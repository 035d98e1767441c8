//! Theorems about the definitions. Each is the clause of a function that does nothing. Proofs of the crates above cite
//! them under these names from `proofs/TheoremIndex`.
pub mod acts;
pub mod answer;
pub mod any_order;
pub mod arriving;
pub mod commuting;
pub mod counts;
pub mod fault;
pub mod identifiers;
pub mod insertion;
pub mod joins;
pub mod late;
pub mod linearization;
pub mod one_state;
pub mod one_step;
pub mod or_set;
pub mod ordered_lists;
pub mod overriding;
pub mod passing;
pub mod records;
pub mod rga;
pub mod sequence;
pub mod settled;
pub mod specification;
pub mod timestamps;
pub mod visibility;
pub mod waiting;
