//! Worked examples: small histories of a counter, answered by evaluating the definitions.
ghost use Rattle.std.specs.Prelude.{◌≡◌, true, false, [], ◌∷◌, Some, None};
ghost use Rattle.ra_labels.specs.declared.kind.Kind.TheVariants.{Counter};
ghost use Rattle.ra_labels.specs.declared.operation.Update.TheVariants as update;
ghost use Rattle.ra_labels.specs.declared.reply.Reply.TheVariants as reply;
ghost use Rattle.ra_labels.specs.declared.reply.Cause.TheVariants as cause;
ghost use Rattle.ra_labels.specs.declared.refusal.Refusal.TheVariants as refusal;
ghost use Rattle.ra_labels.specs.Linearization.{must_precede, extends_visibility};
ghost use Rattle.ra_labels.specs.NamedOrder.{named_sequence};
ghost use Rattle.ra_labels.specs.Fault.{fault_of, fault_at};
ghost use Rattle.ra_theorems.specs.Worked.{answers_of_three, records_of_three, seen_by, answers_of_two, delivered_and_read, delivered_out_of_causal_order, two_are_missing, delivered_to_one, two_reads, read_numbered, the_query_half, the_update_half, the_increment, the_read, nothing_was_delivered, only_verdicts, nothing_to_count, each_counts_what_it_had, stamped_and_unknown, each_refusal};

pub mod finals;
pub mod joins;
pub mod or_sets;
pub mod rgas;
pub mod timestamps;

/// Worked example: a read counts an increment that was delivered to its replica.
pub fn delivered_and_read_holds()
    ensures replies { answers_of_three delivered_and_read ≡ reply.Ok 0 ∷ reply.Got 0 ∷ reply.Ok 1 ∷ reply.Yes 2 ∷ [] }
    ensures sequence { named_sequence Counter (records_of_three delivered_and_read) ≡ the_increment ∷ the_read ∷ [] }
    ensures fault { fault_of Counter (records_of_three delivered_and_read) ≡ None }
{}

/// Worked example: the delivery of an update is rejected while an update that it saw is missing.
pub fn delivered_out_of_causal_order_is_refused()
    ensures { answers_of_three delivered_out_of_causal_order
        ≡ reply.Ok 0 ∷ reply.Got 0 ∷ reply.Ok 1 ∷ reply.Refused (refusal.NotCausal 0) ∷ reply.Got 0 ∷ reply.Got 1
        ∷ reply.Ok 2 ∷ [] }
{}

/// Worked example: if several updates are missing, the rejection names the smallest label.
pub fn two_are_missing_and_the_least_is_named()
    ensures { answers_of_three two_are_missing
        ≡ reply.Ok 0 ∷ reply.Ok 1 ∷ reply.Got 1 ∷ reply.Ok 2 ∷ reply.Refused (refusal.NotCausal 0) ∷ reply.Got 0
        ∷ reply.Refused (refusal.NotCausal 1) ∷ reply.Got 1 ∷ reply.Got 2 ∷ [] }
{}

/// Worked example: a delivery to one replica is not a delivery to another one.
pub fn delivered_to_one_holds()
    ensures { answers_of_three delivered_to_one ≡ reply.Ok 0 ∷ reply.Got 0 ∷ reply.Ok 1 ∷ reply.Ok 2 ∷ [] }
{}

/// Worked example: an update must precede a read that sees it.
pub fn a_seen_update_stands_before()
    ensures must { must_precede (records_of_three delivered_and_read) the_increment the_read ≡ true }
    ensures kept { extends_visibility (records_of_three delivered_and_read) (the_increment ∷ the_read ∷ []) ≡ true }
    ensures broken { extends_visibility (records_of_three delivered_and_read) (the_read ∷ the_increment ∷ []) ≡ false }
{}

/// Worked example: a label must precede a later one of its replica, even if neither sees the other.
pub fn an_earlier_label_stands_before()
    ensures must { must_precede (records_of_three two_reads) (read_numbered 0) (read_numbered 1) ≡ true }
    ensures kept { extends_visibility (records_of_three two_reads) (read_numbered 0 ∷ read_numbered 1 ∷ []) ≡ true }
    ensures broken { extends_visibility (records_of_three two_reads) (read_numbered 1 ∷ read_numbered 0 ∷ []) ≡ false }
{}

/// Worked example: a query half must precede the update half of its label.
pub fn a_query_half_stands_before()
    ensures must { must_precede [] the_query_half the_update_half ≡ true }
    ensures kept { extends_visibility [] (the_query_half ∷ the_update_half ∷ []) ≡ true }
    ensures broken { extends_visibility [] (the_update_half ∷ the_query_half ∷ []) ≡ false }
{}

/// Worked example: a read that counts an increment which was not delivered is a violation. No later command is
/// accepted.
pub fn nothing_was_delivered_fails()
    ensures replies { answers_of_three nothing_was_delivered
        ≡ reply.Ok 0 ∷ reply.No 1 cause.Query ∷ reply.No 1 cause.Query ∷ reply.No 1 cause.Query ∷ [] }
    ensures fault { fault_of Counter (records_of_three nothing_was_delivered) ≡ Some (fault_at 1 cause.Query) }
{}

/// Worked example: verdicts on a history without labels pass.
pub fn only_verdicts_hold()
    ensures { answers_of_three only_verdicts ≡ reply.Yes 0 ∷ reply.Yes 0 ∷ [] }
{}

/// Worked example: the first label can be a violation.
pub fn nothing_to_count_fails()
    ensures { answers_of_three nothing_to_count ≡ reply.No 0 cause.Query ∷ [] }
{}

/// Worked example: a read counts the updates delivered to its replica, not all updates of the history.
pub fn each_counts_what_it_had_holds()
    ensures replies { answers_of_three each_counts_what_it_had
        ≡ reply.Ok 0 ∷ reply.Ok 1 ∷ reply.Ok 2 ∷ reply.Got 1 ∷ reply.Ok 3 ∷ [] }
    ensures own { seen_by each_counts_what_it_had 2 ≡ update.Dec ∷ [] }
    ensures both { seen_by each_counts_what_it_had 3 ≡ update.Inc ∷ update.Dec ∷ [] }
{}

/// Worked example: an operation of a counter with a clock is rejected, and so is one of an unknown replica.
pub fn stamped_and_unknown_are_refused()
    ensures { answers_of_two stamped_and_unknown
        ≡ reply.Refused refusal.StampUnwanted ∷ reply.Refused refusal.UnknownReplica ∷ [] }
{}

/// Worked example: rejections of operations and deliveries in a counter's history. If several reasons apply, the reply
/// has the first one in the fixed order.
pub fn each_refusal_in_its_order()
    ensures { answers_of_two each_refusal
        ≡ reply.Refused refusal.UnknownReplica ∷ reply.Refused refusal.StampUnwanted
        ∷ reply.Refused refusal.UnknownReplica ∷ reply.Refused refusal.UnknownLabel
        ∷ reply.Ok 0 ∷ reply.Ok 1 ∷ reply.Ok 2 ∷ reply.Refused refusal.NotAnUpdate
        ∷ reply.Refused refusal.AlreadySeen ∷ reply.Refused (refusal.NotCausal 0) ∷ reply.Got 0
        ∷ reply.Refused refusal.AlreadySeen ∷ reply.Got 2 ∷ reply.Refused refusal.UnknownLabel ∷ reply.Yes 3 ∷ [] }
{}
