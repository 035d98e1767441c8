//! Histories of two replicas whose updates cross, with the reply to each line.

use ra_labels::Kind;
use ra_monitor::Report;
use std::alloc::{AllocError, Global};
use std::process::Abort;

// The number of rounds between two reads: even, and at least four.
const ROUNDS_OF_A_READ: u32 = 1_000;

/// All kinds.
pub const KINDS: [Kind; 8] = [
    Kind::Counter,
    Kind::Register,
    Kind::LwwSet,
    Kind::OrSet,
    Kind::Rga,
    Kind::List,
    Kind::Any,
    Kind::MvRegister,
];

/// The text of a history that holds, as it is made, and what is written for it.
pub struct Crossing {
    kind: Kind,
    text: String,
    replies: String,
    labels: u32,
    calls: u32,
}

impl Drop for Crossing {
    fn drop(self) {
        let Crossing {
            kind: _,
            text: _,
            replies: _,
            labels: _,
            calls: _,
        } = self;
    }
}

// An update of a replica, of any kind: the insertion of something new with this number, or the removal of what has this
// number.
#[derive(Clone, Copy)]
enum Update {
    PutIn(u64),
    TakeOut(u64),
}

impl Crossing {
    /// Creates a history in which a and b make an update in each round, each of which is delivered to the other. After
    /// each thousandth round a reads.
    pub fn new(alloc: Global, kind: Kind, rounds: u32) -> Result<Crossing, AllocError> {
        let word = match kind {
            Kind::Counter => "counter",
            Kind::Register => "register",
            Kind::LwwSet => "lwwset",
            Kind::OrSet => "orset",
            Kind::Rga => "rga",
            Kind::List => "list",
            Kind::Any => "any",
            Kind::MvRegister => "mvregister",
        };
        let mut made = Crossing {
            kind,
            text: format!(in alloc; "RAH 1 {word}\nreplicas a b\n")?,
            replies: String::new(alloc),
            labels: 0,
            calls: 0,
        };
        for round in 0..rounds {
            made.go_round(alloc, round)?;
        }
        add_line(&mut made.replies, &["end yes "], made.labels)?;
        Ok(made)
    }

    /// Returns its kind.
    pub fn kind(&self) -> Kind {
        self.kind
    }

    /// Returns the text.
    pub fn text(&self) -> &[u8] {
        self.text.as_bytes()
    }

    /// Returns what is written for it, including the end line.
    pub fn replies(&self) -> &[u8] {
        self.replies.as_bytes()
    }

    /// Returns its expected report.
    pub fn report(&self) -> Report {
        Report {
            kind: self.kind,
            calls: self.calls,
            labels: self.labels,
            refused: 0,
            fault: None,
        }
    }

    fn go_round(&mut self, alloc: Global, round: u32) -> Result<(), AllocError> {
        let (of_a, of_b) = updates_of(round);
        let clock = u64::from(round) + 1;
        let first = self.operates("a", body(alloc, self.kind, of_a, clock)?.as_str())?;
        let second = self.operates("b", body(alloc, self.kind, of_b, clock)?.as_str())?;
        self.gets("a", second)?;
        self.gets("b", first)?;
        if round % ROUNDS_OF_A_READ == ROUNDS_OF_A_READ - 1 {
            self.operates("a", read_after(alloc, self.kind, of_b)?.as_str())?;
        }
        Ok(())
    }

    // Appends an operation and its reply, and returns its label.
    fn operates(&mut self, name: &str, body: &str) -> Result<u32, AllocError> {
        let label = self.labels;
        add(&mut self.text, &[name, " ", body, "\n"])?;
        add_line(&mut self.replies, &["ok "], label)?;
        self.labels = label.saturating_add(1);
        self.calls = self.calls.saturating_add(1);
        Ok(label)
    }

    fn gets(&mut self, name: &str, label: u32) -> Result<(), AllocError> {
        add_line(&mut self.text, &[name, " got "], label)?;
        add_line(&mut self.replies, &["got "], label)?;
        self.calls = self.calls.saturating_add(1);
        Ok(())
    }
}

fn add(out: &mut String, words: &[&str]) -> Result<(), AllocError> {
    for word in words {
        out.push_str(word)?;
    }
    Ok(())
}

// Appends the words, the number, and a line feed.
fn add_line(out: &mut String, words: &[&str], number: u32) -> Result<(), AllocError> {
    add(out, words)?;
    writeln!(out, "{number}")
}

// Returns the updates of a and of b in a round. Rounds that insert two new numbers and rounds that remove them
// alternate; but the first two rounds both insert, so that four numbers stay. Each replica removes what the other one
// inserted, which was delivered to it before.
fn updates_of(round: u32) -> (Update, Update) {
    let before = 2 * u64::from(round);
    if round > 1 && round % 2 == 1 {
        (
            Update::TakeOut(before),
            Update::TakeOut(before.saturating_sub(1)),
        )
    } else {
        (Update::PutIn(before + 1), Update::PutIn(before + 2))
    }
}

// Returns the body of a line. Registers write both inserted and removed numbers.
fn body(alloc: Global, kind: Kind, update: Update, clock: u64) -> Result<String, AllocError> {
    match (kind, update) {
        (Kind::Counter, Update::PutIn(_)) => String::from_str(alloc, "inc"),
        (Kind::Counter, Update::TakeOut(_)) => String::from_str(alloc, "dec"),
        (Kind::Register, Update::PutIn(number) | Update::TakeOut(number)) => {
            marked(alloc, "write", number, '@', clock)
        }
        (Kind::LwwSet, Update::PutIn(number)) => marked(alloc, "add", number, '@', clock),
        (Kind::LwwSet, Update::TakeOut(number)) => marked(alloc, "remove", number, '@', clock),
        (Kind::OrSet, Update::PutIn(number)) => marked(alloc, "add", number, '#', number),
        (Kind::OrSet, Update::TakeOut(number)) => marked(alloc, "remove", number, '#', number),
        (Kind::Rga, Update::PutIn(number)) => marked(alloc, "after 0", number, '@', clock),
        (Kind::Rga, Update::TakeOut(number)) => numbered(alloc, "remove", number),
        (Kind::List, Update::PutIn(number)) => insertion(alloc, number),
        (Kind::List, Update::TakeOut(number)) => numbered(alloc, "remove", number),
        (Kind::Any, _) => String::from_str(alloc, "update"),
        (Kind::MvRegister, Update::PutIn(number) | Update::TakeOut(number)) => {
            numbered(alloc, "write", number)
        }
    }
}

// Returns an insertion into a list: of the four numbers that stay without neighbours, of each other one between the
// first two.
fn insertion(alloc: Global, number: u64) -> Result<String, AllocError> {
    if number > 4 {
        format!(in alloc; "insert 1 {number} 2")
    } else {
        format!(in alloc; "insert 0 {number} 0")
    }
}

fn numbered(alloc: Global, word: &str, number: u64) -> Result<String, AllocError> {
    format!(in alloc; "{word} {number}")
}

// Returns a body with a clock or an identifier after its mark.
fn marked(
    alloc: Global,
    word: &str,
    number: u64,
    mark: char,
    last: u64,
) -> Result<String, AllocError> {
    format!(in alloc; "{word} {number} {mark}{last}")
}

// Returns what is read after a round of removals, where this was b's update. At one clock b's stamp is the greater one.
// An RGA has its latest insertion at its beginning. The insertions of a list agree with each order that has 1 before 2.
// No other read of any type sees the same updates. The two writes of a round are siblings, and a's has the next number.
fn read_after(alloc: Global, kind: Kind, last: Update) -> Result<String, AllocError> {
    match kind {
        Kind::Counter => String::from_str(alloc, "read 4"),
        Kind::Register => {
            let (Update::PutIn(number) | Update::TakeOut(number)) = last;
            numbered(alloc, "read", number)
        }
        Kind::LwwSet | Kind::OrSet | Kind::List => String::from_str(alloc, "read 1,2,3,4"),
        Kind::Rga => String::from_str(alloc, "read 4,3,2,1"),
        Kind::Any => String::from_str(alloc, "read 7"),
        Kind::MvRegister => {
            let (Update::PutIn(number) | Update::TakeOut(number)) = last;
            format!(in alloc; "read {number},{}", number.saturating_add(1))
        }
    }
}

/// Creates the history of this many rounds.
pub fn made_of(rt: &impl Abort, alloc: Global, kind: Kind, rounds: u32) -> Crossing {
    match Crossing::new(alloc, kind, rounds) {
        Ok(made) => made,
        Err(_) => panic!(rt; "no memory"),
    }
}
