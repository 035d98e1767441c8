//! The theorems about the definitions of `ra_labels`, and worked examples.
//!
//! Each theorem is the clause of a function that does nothing: if the function is proved, the theorem holds. Proofs of
//! the crates above cite the theorems under these names from `proofs/TheoremIndex`. The module `worked` answers small
//! histories by evaluating the definitions.
#![tactic(auto)]

pub mod theorems;
pub mod worked;
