//! Replies that go to a writer of a few bytes.

use super::{LIST, LIST_REPLIES, REPLIES, SETS, TEXT, WRITTEN, are_bytes, is_fault};
use ra_history_text::{CheckFault, check};
use std::alloc::Global;
use std::io;
use std::io::{ErrorKind, Write};
use std::process::Abort;

/// A writer that accepts some bytes at a time. At one write it fails or accepts none; further writes would accept the
/// rest.
#[derive(Drop)]
pub struct Trickle {
    taken: Vec<u8>,
    most: usize,
    good_writes: usize,
    fails: bool,
}

impl Trickle {
    /// Creates the writer, which accepts at most `most` bytes at each of `good_writes` writes.
    pub fn new(alloc: Global, most: usize, good_writes: usize, fails: bool) -> Trickle {
        Trickle {
            taken: Vec::new(alloc),
            most,
            good_writes,
            fails,
        }
    }

    /// Returns the bytes that it accepted.
    pub fn taken(&self) -> &[u8] {
        self.taken.as_slice()
    }
}

impl Write for Trickle {
    fn write(&mut self, buf: &[u8]) -> io::Result<usize> {
        if self.good_writes == 0 {
            self.good_writes = usize::MAX;
            return if self.fails {
                Err(io::Error::from(ErrorKind::Interrupted))
            } else {
                Ok(0)
            };
        }
        self.good_writes -= 1;
        let count = buf.len().min(self.most);
        self.taken.extend_from_slice(&buf[..count])?;
        Ok(count)
    }

    fn flush(&mut self) -> io::Result<()> {
        Ok(())
    }
}

const BROKEN: &str = "RAH 1 counter\nreplicas a b\na inc\nb got 0\nb read 1\nbroken\n";

const BROKEN_REPLIES: &str = "ok 0\ngot 0\nok 1\n";

// A writer's error while replies are written precedes the fault of a later line.
#[test]
fn writes_of_a_few_bytes(rt: HostRuntime) {
    for (text, written, fault) in [
        (TEXT, WRITTEN, None),
        (SETS, REPLIES, None),
        (LIST, LIST_REPLIES, None),
        (BROKEN, BROKEN_REPLIES, Some(CheckFault::Syntax(6))),
    ] {
        for good_writes in 0..written.len().saturating_add(1) {
            for (most, fails) in [(1, true), (1, false), (3, true), (3, false)] {
                let writer = Trickle::new(rt.alloc(), most, good_writes, fails);
                ends_as_it_must(&rt, rt.alloc(), writer, text, written, fault);
            }
        }
    }
}

// Asserts that the writer received a prefix of the text's output, and that the check has its fault if it received all
// of it.
fn ends_as_it_must(
    rt: &impl Abort,
    alloc: Global,
    mut writer: Trickle,
    text: &str,
    written: &str,
    fault: Option<CheckFault>,
) {
    let (most, good_writes) = (writer.most, writer.good_writes);
    let found = check(alloc, &mut text.as_bytes(), &mut writer).err();
    let taken = writer.taken();
    let wanted = if taken.len() < written.len() {
        Some(CheckFault::Write)
    } else {
        fault
    };
    is_fault(rt, found, wanted, good_writes);
    are_bytes(
        rt,
        Some(taken),
        written.as_bytes().get(..taken.len()),
        good_writes,
    );
    let least = good_writes.min(written.len());
    assert!(rt; taken.len() == least || (most > 1 && taken.len() > least));
}
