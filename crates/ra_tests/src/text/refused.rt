//! Calls whose allocation fails. A second call is answered as if nothing had happened, and a check reports whose
//! allocation failed. `tests/program/alloc_failures` lets each allocation fail in turn; if none fails, each call is
//! made once.

use super::histories::JOINED;
use super::{REPLIES, SETS};
use ra_cli_report::report_json;
use ra_history_text::{CheckFault, Item, LineFault, Names, NamesFault, Reading, check};
use ra_labels::Kind;
use ra_monitor::Report;
use std::alloc::Global;
use std::io;
use std::io::{ErrorKind, Read, Write};
use std::process::Abort;

// Calls for names, a line and a report.

fn names_again(rt: &impl Abort, alloc: Global) -> Names {
    for _ in 0..2 {
        match Names::new(alloc, &["a", "b", "c"]) {
            Ok(names) => return names,
            Err(fault) => assert_eq!(rt; fault, NamesFault::NoMemory),
        }
    }
    panic!(rt; "no memory")
}

fn line_again(rt: &impl Abort, reading: &mut Reading, line: &[u8]) -> Item {
    for _ in 0..2 {
        match reading.line(line) {
            Ok(item) => return item,
            Err(fault) => assert_eq!(rt; fault, LineFault::NoMemory),
        }
    }
    panic!(rt; "no memory")
}

fn report_again(rt: &impl Abort, alloc: Global, report: &Report) -> String {
    for _ in 0..2 {
        if let Ok(object) = report_json(alloc, report) {
            return object;
        }
    }
    panic!(rt; "no memory")
}

// Returns the number of lines of a text that join a replica.
fn joins_again(rt: &impl Abort, alloc: Global) -> u32 {
    let mut reading = Reading::new(alloc);
    let mut joins = 0u32;
    for line in JOINED.as_bytes().split(|byte| *byte == b'\n') {
        if !line.is_empty() {
            if is_join(line_again(rt, &mut reading, line)) {
                joins = joins.wrapping_add(1);
            }
        }
    }
    joins
}

// Returns the number of commands of a text, none of which is a join.
fn commands_again(rt: &impl Abort, alloc: Global) -> u32 {
    let mut reading = Reading::new(alloc);
    let mut commands = 0u32;
    for line in SETS.as_bytes().split(|byte| *byte == b'\n') {
        if !line.is_empty() {
            if is_command(rt, line_again(rt, &mut reading, line)) {
                commands = commands.wrapping_add(1);
            }
        }
    }
    commands
}

fn is_command(rt: &impl Abort, item: Item) -> bool {
    match &item {
        Item::KindLine(kind) => is_right(rt, *kind == Kind::OrSet),
        Item::NamesLine(count) => is_right(rt, *count == 3),
        Item::CommandLine(_) => true,
        Item::JoinLine { .. } => panic!(rt; "a join"),
    }
}

// Asserts that a line before the commands says what it should. Returns `false`, since it is not a command.
fn is_right(rt: &impl Abort, says: bool) -> bool {
    assert!(rt; says);
    false
}

fn is_join(item: Item) -> bool {
    matches!(&item, Item::JoinLine { .. })
}

#[test]
fn calls_of_the_text_are_made_again(rt: HostRuntime) {
    assert_eq!(rt; names_again(&rt, rt.alloc()).count(), 3);
    assert_eq!(rt; commands_again(&rt, rt.alloc()), 9);
    assert_eq!(rt; joins_again(&rt, rt.alloc()), 3);
    let report = Report {
        kind: Kind::Rga,
        calls: 3,
        labels: 2,
        refused: 1,
        fault: None,
    };
    let object = report_again(&rt, rt.alloc(), &report);
    let wanted = "{\"calls\":3,\"kind\":\"rga\",\"labels\":2,\"refused\":1,\
\"verdict\":\"yes\"}";
    assert!(rt; object.as_str() == wanted);
}

// A reader that returns ten bytes at a time, and keeps a copy of them.
#[derive(Drop)]
struct Keeping<'a> {
    text: &'a [u8],
    kept: Vec<u8>,
    was_refused: bool,
}

impl Read for Keeping<'_> {
    fn read(&mut self, buf: &mut [u8]) -> io::Result<usize> {
        let count = buf.len().min(10).min(self.text.len());
        let (now, left) = self.text.split_at(count);
        if self.kept.extend_from_slice(now).is_err() {
            self.was_refused = true;
            return Err(io::Error::from(ErrorKind::Other));
        }
        self.text = left;
        buf[..count].copy_from_slice(now);
        Ok(count)
    }
}

// A writer that keeps what is written.
#[derive(Drop)]
struct Taking {
    taken: Vec<u8>,
    was_refused: bool,
}

impl Write for Taking {
    fn write(&mut self, buf: &[u8]) -> io::Result<usize> {
        if self.taken.extend_from_slice(buf).is_err() {
            self.was_refused = true;
            return Err(io::Error::from(ErrorKind::Other));
        }
        Ok(buf.len())
    }

    fn flush(&mut self) -> io::Result<()> {
        Ok(())
    }
}

// A failed allocation of the reader is reported as a failed read, one of the writer as a failed write, and each other
// one as lack of memory. What was written is the beginning of the answer, in whole lines.
#[test]
fn a_check_tells_whose_growth_was_refused(rt: HostRuntime) {
    let mut reader = Keeping {
        text: SETS.as_bytes(),
        kept: Vec::new(rt.alloc()),
        was_refused: false,
    };
    let mut writer = Taking {
        taken: Vec::new(rt.alloc()),
        was_refused: false,
    };
    let fault = check(rt.alloc(), &mut reader, &mut writer).err();
    let written = writer.taken.as_slice();
    let is_whole = written == REPLIES.as_bytes();
    match (fault, reader.was_refused, writer.was_refused) {
        (Some(CheckFault::Read), true, false) => {}
        (Some(CheckFault::Write), false, true) => {}
        (Some(CheckFault::NoMemory), false, false) => {}
        (None, false, false) => assert!(rt; is_whole),
        _ => panic!(rt; "another fault"),
    }
    assert!(rt; REPLIES.as_bytes().starts_with(written));
    assert!(rt; matches!(written.last(), None | Some(b'\n')));
}
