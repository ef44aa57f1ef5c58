// Readers of whole lines: each answers what the line says and moves to the next, or refuses it and stays.
// Each compares the kind of its line itself: a helper, with its contract, would be longer than what it saves.
ghost use Rattle.text.specs.Reading.{Reads};
ghost use Rattle.circuit_text.specs.Lines.{opening_text, OpeningLaw};
ghost use Rattle.circuit_text.specs.Reading.{CoinsAt, LineAt};

use crate::line::{Line, Opening};
use pauli::fault::Fault;
use text::end::End;
use text::read::Fields;

// The most coins that a circuit brings.
const MOST_COINS: usize = 4096;

// Line 1, as `Q,3,2`.
pub(crate) fn opening(line: &mut Fields) -> Result<Opening, Fault>
    ensures { Reads opening_text OpeningLaw 10 line.old result line.new }
{
    let mut fields = *line;
    if fields.byte(End::Comma)? != b'Q' {
        return Err(Fault::BadForm);
    }
    let size = fields.number(End::Comma)?;
    let width = fields.number(End::LineFeed)?;
    *line = fields;
    Ok(Opening { size, width })
}

// Line 2, as `B,1011`: the coins, as the part of the text that they are.
pub(crate) fn coins<'a>(line: &mut Fields<'a>) -> Result<&'a [u8], Fault>
    ensures { CoinsAt line.old result line.new }
{
    let mut fields = *line;
    if fields.byte(End::Comma)? != b'B' {
        return Err(Fault::BadForm);
    }
    let coins = fields.coins(End::LineFeed)?;
    if coins.len() > MOST_COINS {
        return Err(Fault::BadForm);
    }
    *line = fields;
    Ok(coins)
}

// Any later line.
pub(crate) fn line<'a>(line: &mut Fields<'a>) -> Result<Line<'a>, Fault>
    ensures { LineAt line.old result line.new }
{
    let mut fields = *line;
    let said = match fields.byte(End::Comma)? {
        b'G' => Line::Gate(fields.gate(End::LineFeed)?),
        b'M' => {
            let sign = fields.sign(End::Comma)?;
            let letters = fields.letters(End::LineFeed)?;
            Line::Measure { sign, letters }
        }
        b'F' => {
            let outcome = fields.number(End::Comma)?;
            let (gate, qubit) = fields.one_qubit(End::LineFeed)?;
            Line::Conditional {
                outcome,
                gate,
                qubit,
            }
        }
        _ => return Err(Fault::BadForm),
    };
    *line = fields;
    Ok(said)
}
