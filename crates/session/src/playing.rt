// Whole runs: any list of calls to a session just opened.
ghost use Rattle.std.specs.Prelude.{◌≡◌, [], take, drop};
ghost use Rattle.runs.specs.Promises.{Played};
ghost use Rattle.runs.specs.States.{state};
ghost use Rattle.session.specs.Room.{made};
ghost use Rattle.session.specs.Seen.{seen};

use crate::session::Session;
use coins::source::CoinSource;
use pauli::fault::Fault;
use phase::point::PhasePoint;
use phase::sheet::ValueSheet;
use runs::answer::Answer;
use runs::call::Call;

// Opens a session and makes the calls in their order, as many as there is room for answers. The promises about every run hold
// at each moment of it.
pub fn play<P: PhasePoint, S: CoinSource>(
    point: P,
    source: S,
    calls: &[Call],
    answers: &mut [Result<Answer, Fault>],
) -> Session<P, S>
    ensures played { Played (state (P.ValueSheet.sheet point) (S.coins source) [])
        (take (made calls.now answers.old) calls.now)
        (take (made calls.now answers.old) answers.new)
        (seen P.ValueSheet.sheet S.coins result) }
    ensures rest { drop (made calls.now answers.old) answers.new
        ≡ drop (made calls.now answers.old) answers.old }
{
    let mut session = Session::open(point, source);
    // The answers by their index: of a zip with `answers.iter_mut()` a proof knows no answer once it is over.
    for (i, call) in calls.iter().enumerate().take(answers.len()) {
        answers[i] = session.call(*call);
    }
    session
}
=======
# The task:
Across the records above, how many lines contain the word "left"? Give the number by itself.

# Solution:
2